Gary has big plans for renovated Marquette Park Pavilion
By Michael Gonzalez Post-Tribune correspondent December 13, 2012 5:28PM
Dennis Nowak of Highland and his daughter Candace Nowak of Munster sit for a snack (lower, center) during the grand opening showcasing the renovations at the Marquette Park Pavilion in Gary, Ind. Thursday December 13, 2012. Nowak worked at the pavilion when he was young, from dishes to bartending and more, when his uncle Edward Nowak ran the pavilion years ago. | Stephanie Dowell~Sun-Times Media
Updated: January 15, 2013 11:26AM
GARY — City officials have big plans for the newly renovated, 80-year-old Marquette Park Pavilion, the crown jewel of Marquette Park, the executive director said Thursday.
Hours before area dignitaries were scheduled to praise the $28 million renovation of the park, LaShawn Brooks gushed about the potential for the pavilion she now manages.
“We really want to just show the variety of things that can take place here,” she said.
Local vendors, from jewelry and ceramics artisans to an author and publisher, set up tables to sell their wares to visitors, and others prepared to give tours of the building as part of an evening news conference.
Work on the park renovation, which included extensive work to the Octave Chanute Aquatorium, a play area, the oak savannah and other features of Marquette Park, lasted well beyond the original deadline, but a trip through the pavilion took visitors to another time.
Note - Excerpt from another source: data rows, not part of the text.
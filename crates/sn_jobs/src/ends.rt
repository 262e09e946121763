//! The owner's end of both queues, and the hands' ends.
//!
//! Of a call that finds a queue full, or empty, the clauses `full` and `empty` say that by the rule, and by what the end knows, there was such a
//! moment. They cannot say that the call looked: a step that is refused leaves what a pass knows as it was, and so tells it no more than it could
//! have known. A body that never looks meets them, at `give` once as many jobs were given as there is room for. Tests refuse it.
ghost use Rattle.std.specs.Prelude.{◌≡◌, ◌<◌, IfErr, IfNone, IfOk, IfSome, OnErr, OnOk, Some};
ghost use Rattle.sn_model.specs.Ranges.{IsWithin};
ghost use Rattle.sn_model.specs.declared.run.TheConstants.{LONGEST_QUEUE};
ghost use Rattle.sn_boxrun.specs.Job.{IsJobOf};
ghost use Rattle.sn_jobs.specs.Ends.{answers, collects, gives, joined, new_hand, new_owner, takes, WasFullOfAnswers, WasFullOfJobs, WasWithoutAnswers, WasWithoutJobs};
ghost use Rattle.sn_jobs.specs.Queues.{IsDoneOf};

use crate::rule::{Answers, Collects, DoneLine, Gives, JobLine, Takes};
use crossbeam_queue::Pass;
use sn_boxrun::{Done, Job};
use sn_list::Memory;
use sn_model::Run;
use sn_ruled::{Known, Opens, Owned, Shares};
use std::alloc::Global;
use std::marker::{Brand, Model};
use std::snapshot::Snapshot;
use std::sync::{Arc, Wait};

/// The two queues, and the run that all in them is of.
#[derive(Drop)]
pub struct Lines {
    jobs: JobLine,
    results: DoneLine,
    run: Snapshot<Run>,
}

/// Gives jobs and collects answers. It is the only one that does.
#[derive(Drop)]
pub struct JobOwner {
    lines: Arc<Lines>,
    job_pass: Pass<Job, Known<Run, Job>>,
    done_pass: Pass<Done, Known<Run, Done>>,
}

impl Model for JobOwner {
    ghost use Rattle.crossbeam_queue.specs.Passes.{view as knows};
    ghost use Rattle.sn_jobs.specs.Coding.{owner_code};
    ghost use Rattle.sn_jobs.specs.Ends.{IsOwnerOf, Owner, made_of};

    ghost Value = { Owner };

    ghost coded = { owner_code };

    ghost view = { λ o. record { made = made_of o.lines.value; given = (knows o.job_pass).pushed; collected = (knows o.done_pass).popped } };

    ghost invariant = { λ o. IsOwnerOf o.lines.value o.job_pass o.done_pass };
}

/// Takes jobs and answers them. More hands are split off it.
#[derive(Drop)]
pub struct JobHand {
    lines: Arc<Lines>,
    job_pass: Pass<Job, Known<Run, Job>>,
    done_pass: Pass<Done, Known<Run, Done>>,
}

impl Model for JobHand {
    ghost use Rattle.crossbeam_queue.specs.Passes.{view as knows};
    ghost use Rattle.sn_jobs.specs.Coding.{hand_code};
    ghost use Rattle.sn_jobs.specs.Ends.{Hand, IsHandOf, made_of};

    ghost Value = { Hand };

    ghost coded = { hand_code };

    ghost view = { λ h. record { made = made_of h.lines.value; taken = (knows h.job_pass).popped; answered = (knows h.done_pass).pushed } };

    ghost invariant = { λ h. IsHandOf h.lines.value h.job_pass h.done_pass };
}

impl JobOwner {
    /// Gives a job of the run. It comes back, which is called full, only where the queue was full at a step of this call (of which `full` says
    /// what a clause can). Takes no memory.
    pub fn give<R: Wait>(&mut self, rt: &R, job: Job) -> Result<(), Job>
        requires { IsJobOf self.old.made.run job }
        ensures given { OnOk result (self.new ≡ gives self.old job) }
        ensures made { self.new.made ≡ self.old.made }
        ensures back { IfErr result (λ refused. refused ≡ job) }
        ensures unchanged { OnErr result (self.new ≡ self.old) }
        ensures full { OnErr result (WasFullOfJobs self.old) }
    {
        let jobs = &self.lines.jobs;
        jobs.push_as::<Gives, R>(rt, &mut self.job_pass, job)
    }

    /// Collects an answer, which is of the run. There is none only where the queue was empty at a step of this call (of which `empty` says what a
    /// clause can). Takes no memory.
    pub fn collect<R: Wait>(&mut self, rt: &R) -> Option<Done>
        ensures collected { IfSome result (λ done. self.new ≡ collects self.old done) }
        ensures made { self.new.made ≡ self.old.made }
        ensures of_run { IfSome result (IsDoneOf self.old.made.run) }
        ensures unchanged { IfNone result (self.new ≡ self.old) }
        ensures empty { IfNone result (WasWithoutAnswers self.old) }
    {
        let results = &self.lines.results;
        results.pop_as::<Collects, R>(rt, &mut self.done_pass)
    }
}

impl JobHand {
    /// Takes a job, which is of the run. There is none only where the queue was empty at a step of this call (of which `empty` says what a clause
    /// can). Takes no memory.
    pub fn take<R: Wait>(&mut self, rt: &R) -> Option<Job>
        ensures taken { IfSome result (λ job. self.new ≡ takes self.old job) }
        ensures made { self.new.made ≡ self.old.made }
        ensures of_run { IfSome result (IsJobOf self.old.made.run) }
        ensures unchanged { IfNone result (self.new ≡ self.old) }
        ensures empty { IfNone result (WasWithoutJobs self.old) }
    {
        let jobs = &self.lines.jobs;
        jobs.pop_as::<Takes, R>(rt, &mut self.job_pass)
    }

    /// Gives an answer of the run. It comes back, which is called full, only where the queue was full at a step of this call (of which `full` says
    /// what a clause can). Takes no memory.
    pub fn answer<R: Wait>(&mut self, rt: &R, done: Done) -> Result<(), Done>
        requires { IsDoneOf self.old.made.run done }
        ensures answered { OnOk result (self.new ≡ answers self.old done) }
        ensures made { self.new.made ≡ self.old.made }
        ensures back { IfErr result (λ refused. refused ≡ done) }
        ensures unchanged { OnErr result (self.new ≡ self.old) }
        ensures full { OnErr result (WasFullOfAnswers self.old) }
    {
        let results = &self.lines.results;
        results.push_as::<Answers, R>(rt, &mut self.done_pass, done)
    }

    /// Another hand at the same queues, which has done nothing yet.
    pub fn split(&mut self) -> Result<JobHand, Memory>
        ensures hand { IfOk result (λ hand. hand ≡ new_hand self.old.made) }
        ensures unchanged { self.new ≡ self.old }
    {
        let lines = Arc::try_clone(&self.lines)?;
        let job_pass = lines.jobs.another::<Shares>(&mut self.job_pass);
        let done_pass = lines.results.another::<Shares>(&mut self.done_pass);
        Ok(JobHand {
            lines,
            job_pass,
            done_pass,
        })
    }

    /// Takes in another hand at the same queues, with what it did.
    pub fn join(&mut self, other: JobHand)
        requires { other.made ≡ self.old.made }
        ensures { self.new ≡ joined self.old other }
    {
        let JobHand {
            lines: _,
            job_pass,
            done_pass,
        } = other;
        let lines = &self.lines;
        lines.jobs.absorb::<Shares>(&mut self.job_pass, job_pass);
        lines
            .results
            .absorb::<Shares>(&mut self.done_pass, done_pass);
    }
}

fn made<J: Owned<Run>>(
    alloc: Global,
    run: &Arc<Run>,
    capacity: u32,
) -> Result<(JobOwner, JobHand), Memory>
    requires run { J.owner ≡ Some run.now.value }
    requires capacity { 0 < capacity }
    ensures owner { IfOk result (λ ends. ends.0 ≡ new_owner ends.0.made) }
    ensures hand { IfOk result (λ ends. ends.1 ≡ new_hand ends.0.made) }
    ensures run { IfOk result (λ ends. ends.0.made.run ≡ run.now.value) }
    ensures room { IfOk result (λ ends. ends.0.made.capacity ≡ capacity) }
{
    let (jobs, mut giving) = JobLine::ruled(alloc, capacity as usize)?;
    let (results, mut answering) = DoneLine::ruled(alloc, capacity as usize)?;
    let taking = jobs.another::<Opens<J>>(&mut giving);
    let collecting = results.another::<Opens<J>>(&mut answering);
    let lines = Lines {
        jobs,
        results,
        run: Snapshot::<Run>::of(run),
    };
    let lines = Arc::new(alloc, lines)?;
    let owner = JobOwner {
        lines: Arc::try_clone(&lines)?,
        job_pass: giving,
        done_pass: collecting,
    };
    let hand = JobHand {
        lines,
        job_pass: taking,
        done_pass: answering,
    };
    Ok((owner, hand))
}

/// The two queues of a run, each with room for so many.
pub fn make(alloc: Global, run: &Arc<Run>, capacity: u32) -> Result<(JobOwner, JobHand), Memory>
    requires { IsWithin capacity LONGEST_QUEUE }
    ensures owner { IfOk result (λ ends. ends.0 ≡ new_owner ends.0.made) }
    ensures hand { IfOk result (λ ends. ends.1 ≡ new_hand ends.0.made) }
    ensures run { IfOk result (λ ends. ends.0.made.run ≡ run.now.value) }
    ensures room { IfOk result (λ ends. ends.0.made.capacity ≡ capacity) }
{
    made::<Brand>(alloc, run, capacity)
}

fn moves_between_threads<T: Send>(_end: &T) {}

/// Both ends may go to other threads.
pub fn ends_are_send(owner: &JobOwner, hand: &JobHand) {
    moves_between_threads(owner);
    moves_between_threads(hand);
}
Many of the details — 30 custom-made chandeliers in the ballroom, replicas of original bathroom hardware, a posh lounge, new windows allowing natural light to fill the rooms and the building’s original earth tone color scheme — were specially ordered, which, along with an arson case early this year, caused some of the delay, officials have said.
The grounds are newly landscaped, and planners built a turning lane from Grand Boulevard into the pavilion’s parking lot.
The idea was to return the building to its original splendor and draw more weddings and other events, Brooks said.
Plans also include bringing Broadway-level shows to the ballroom. In March, actor Ed Asner is scheduled perform as President Franklin Delano Roosevelt in the one-man show “FDR.” More shows will come later in the year, Brooks said.
“Every Saturday from June through August, the ballroom is taken,” she said of the facility’s return as a hot spot for nuptials and other activities. “We see, in the future, for 2013, starting out with once-a-week evening meals.”
Those dinners will be created by chef Cliff Rome, owner of Rome’s Joy, a Chicago-based caterer and restaurateur. Rome also plans to offer cooking classes, using the spacious, newly restored kitchen.
The structure is one thing, but giving people a reason to drive to Miller is another, Rome said.
“The reality is they just don’t build buildings like this anymore,” he said, while awaiting crowds of visitors. “Good food is one of those integral parts, because through food, you’re able to do things you couldn’t accomplish otherwise.”
“Food nourishes you, but it also brings people together, and people will drive to a place if they know there’s a reason to go.”